Forough Farrokhzad

Biography

FARROḴZĀD, FORŪḠ-ZAMĀN, usually known as Forūḡ, Persian poet (b. Tehran, 1313 Š./1935; d. Tehran, 1345 Š./1967; Figure 1).

Life. Farroḵzād was the third of seven children born to Moḥammad Farroḵzād and Tūrān Wazīrī-tabār. She attended a co-educational elementary school in her neighborhood and after graduating from Ḵosrow Ḵāvar junior high school, transferred to Kamāl-al-Molk technical school to study painting and sewing. She did not finish high school and, at the age of sixteen, fell in love with and married Parvīz Šāpūr, in spite of parental objections. He was a neighbor and a distant relative, a satirist and caricaturist fifteen years her senior. Soon after their wedding the couple moved to Ahvāz, where he was employed by the Ministry of Finance. Their only child, a boy named Kāmyār, was born a year later. Farroḵzād’s first published poems appeared at about the same time. In 1955, after three years of marriage, she decided to leave her husband, despite the inevitable psychological, financial, and social hardships that would follow her action. (According to the first national census of Persia taken in 1956, only 4 per cent of all women were divorced at that time in the city of Tehran.) The father, as dictated by law, was granted full custody of the child. The mother was denied even sporadic visitation rights. The pain of this forced separation never left her.

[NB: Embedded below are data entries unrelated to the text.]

//! Reads several commands at once.

ghost use Rattle.std.specs.Prelude.{◌≡◌, ◌≢◌, ◌<◌, ◌≤◌, ◌+◌, ◌-◌, IfSome, IsNone, IsSome, IsTrue, length, slice_index};
ghost use Rattle.std.specs.Prelude.{take};
ghost use Rattle.std.specs.Prelude.{[], None, false, ℕ};
ghost use Rattle.sixel_grammar.specs.Bytes.{is_data as data_test};
ghost use Rattle.sixel_grammar.specs.Document.{most_bytes};
ghost use Rattle.sixel_grammar.specs.Faults.{ColourFields as ColourForm};
ghost use Rattle.sixel_grammar.specs.Pending.{form_of};
ghost use Rattle.sixel_grammar.specs.declared.command.Columns.TheVariants.{Missing as no_columns};
ghost use Rattle.sixel_grammar.specs.declared.command.Columns.TheVariants.{Sixels as single_sixels};

use super::{MOST_BYTES, Reader, ready_for};
use crate::command::{Columns, Run, TwoCommands};
use crate::run::{Found, Start, columns_in, select_in};

impl Reader {
    ghost use Rattle.sixel_grammar.specs.Standing.{Takes, fault_of};
    ghost use Rattle.sixel_grammar.specs.Runs.{IsNoRun, TakesRun, open_run, two_commands};
    ghost use Rattle.sixel_grammar.specs.Stretches.{IsNoSixel};

    /// Reads columns at the beginning of the bytes at once: single sixels (`~~~`) or a repeat (`!12~`), perhaps after a
    /// select (`#3~~~`, `#3!12~`). Of single sixels it reads all that may come. If the bytes begin with `#` and no
    /// columns follow its digits, it reads these, and the select or definition that they begin is open.
    ///
    /// `None`: the bytes begin with no such run or only with a part of a repeat, a command is open, or no byte may
    /// come. Then nothing was read, and nothing has changed: give the first byte to `feed`.
    #[inline(always)]
    pub fn feed_run(&mut self, bytes: &[u8]) -> Option<Run>
        ensures within { IfSome result (λ run. (run.start < run.length) × (run.length ≤ length bytes.now)) }
        ensures limit { IfSome result (λ run. run.place + run.length ≤ most_bytes) }
        ensures sixels { IfSome result (λ run. run.columns ≡ single_sixels → (k : ℕ) → run.start ≤ k → k < run.length
            → IsTrue (data_test (slice_index bytes.now k))) }
        ensures taken { IfSome result (λ run. TakesRun self.old self.new run bytes.now) }
        ensures still_open { IfSome result (λ run. run.columns ≡ no_columns → run.select ≡ None) }
        ensures longest { IfSome result (λ run. run.columns ≡ single_sixels → run.length < length bytes.now
            → IsNoSixel self.new (slice_index bytes.now run.length)) }
        ensures refused { IsNone result → IsNoRun self.old bytes.now }
        ensures kept { IsNone result → self.new ≡ self.old }
        ensures stopped { IsSome (fault_of self.old) → IsNone result }
    {
        if self.sixels == 0 || bytes.is_empty() || !begins_run(bytes[0]) {
            return None;
        }
        let seen = first_bytes(bytes, self.left);
        let start = select_in(seen);
        match columns_in(seen, start.end) {
            Some(found) => Some(self.take_columns(start, found)),
            None => match start.register {
                Some(register) => Some(self.open_select(register, start.end)),
                None => None,
            },
        }
    }

    /// Takes the bytes of these columns and of the select before them.
    #[inline(always)]
    fn take_columns(&mut self, start: Start, found: Found) -> Run
        requires some { start.end < found.end }
        requires few { found.end ≤ self.old.left }
        ensures run { result ≡ record {
          place = most_bytes - self.old.left;
          select = start.register;
          start = start.end;
          length = found.end;
          columns = found.columns;
        } }
        ensures pending { self.new.pending ≡ self.old.pending }
        ensures fault { self.new.fault ≡ self.old.fault }
        ensures left { self.new.left ≡ self.old.left - found.end }
    {
        let run = Run {
            place: MOST_BYTES - self.left,
            select: start.register,
            start: start.end,
            length: found.end,
            columns: found.columns,
        };
        self.left -= found.end as u64;
        if self.left == 0 {
            self.sixels = 0;
        }
        run
    }

    /// Takes the first `end` bytes: the introducer and the digits of a select, which is open then. It isn't inlined, or
    /// the loops that read runs with columns would keep more values in memory.
    #[cold]
    #[inline(never)]
    fn open_select(&mut self, register: u16, end: usize) -> Run
        requires some { 0 < end }
        requires few { end ≤ self.old.left }
        ensures run { result ≡ open_run (most_bytes - self.old.left) end }
        ensures form { form_of self.new.pending ≡ ColourForm [] register }
        ensures fault { self.new.fault ≡ self.old.fault }
        ensures left { self.new.left ≡ self.old.left - end }
        ensures opened { self.new.opened ≡ most_bytes - self.old.left }
    {
        let place = MOST_BYTES - self.left;
        self.pending.open_select(register);
        self.opened = place;
        self.left -= end as u64;
        self.sixels = 0;
        Run {
            place,
            select: None,
            start: 0,
            length: end,
            columns: Columns::Missing,
        }
    }

    /// Reads one byte as `feed` does, if it ends a command and is one itself (`#3~`, `#3$`, `#3-`).
    ///
    /// `None` means that it does something else, or is invalid. Then it wasn't read, and nothing has changed: give it to
    /// `feed`, which takes every byte. This method is faster.
    pub fn feed_two(&mut self, byte: u8) -> Option<TwoCommands>
        ensures accepted { IfSome result (λ two. Takes self.old self.new byte (two_commands two)) }
        ensures kept { IsNone result → self.new ≡ self.old }
        ensures stopped { IsSome (fault_of self.old) → IsNone result }
    {
        if self.left == 0 {
            return None;
        }
        let ending = self.pending.end_with_command(byte)?;
        let own_place = MOST_BYTES - self.left;
        self.left -= 1;
        self.sixels = ready_for(self.left, &self.pending);
        Some(TwoCommands {
            place: self.opened,
            ended: ending.ended,
            own_place,
            own: ending.own,
        })
    }
}

/// Whether a run may begin with the byte. The search for a run is long code, and this test spares it other bytes.
#[inline(always)]
fn begins_run(byte: u8) -> bool
    ensures { result ≡ false → (data_test byte ≡ false) × (byte ≢ 33) × (byte ≢ 35) }
{
    byte >= b'?' || byte == b'#' || byte == b'!'
}

/// The bytes that may come still, if `most` may come.
#[inline(always)]
fn first_bytes(bytes: &[u8], most: u64) -> &[u8]
    ensures { result.now ≡ take most bytes.now }
{
    if (bytes.len() as u64) < most {
        bytes
    } else {
        &bytes[..most as usize]
    }
}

In September 1955 Farroḵzād suffered a nervous breakdown and was taken to a psychiatric clinic, where she remained for a month. Yet, a born survivor, with many reserves of talent and energy, she quickly recovered and developed new interests in cinematography, acting, and producing. In 1956 she traveled to Europe (Italy and Germany) for the first time. The trip, which lasted nine months, allowed her a certain respite from the Persian literary scene from which she wanted to flee, perhaps from a sense of confinement and not belonging, perhaps from the lingering rumors she had attracted. It was followed by several other trips, both inside and outside of Persia. These journeys from one city, even country, to another, from one universe of definitions and meanings to another, characterize Farroḵzād’s life and art for the next two decades. On the one hand, they demonstrate a dizzying, dazzling mobility; a refusal to be confined within familiar boundaries, certainties, and norms. On the other, they portray a sense of homelessness, of perpetual wandering, of exile.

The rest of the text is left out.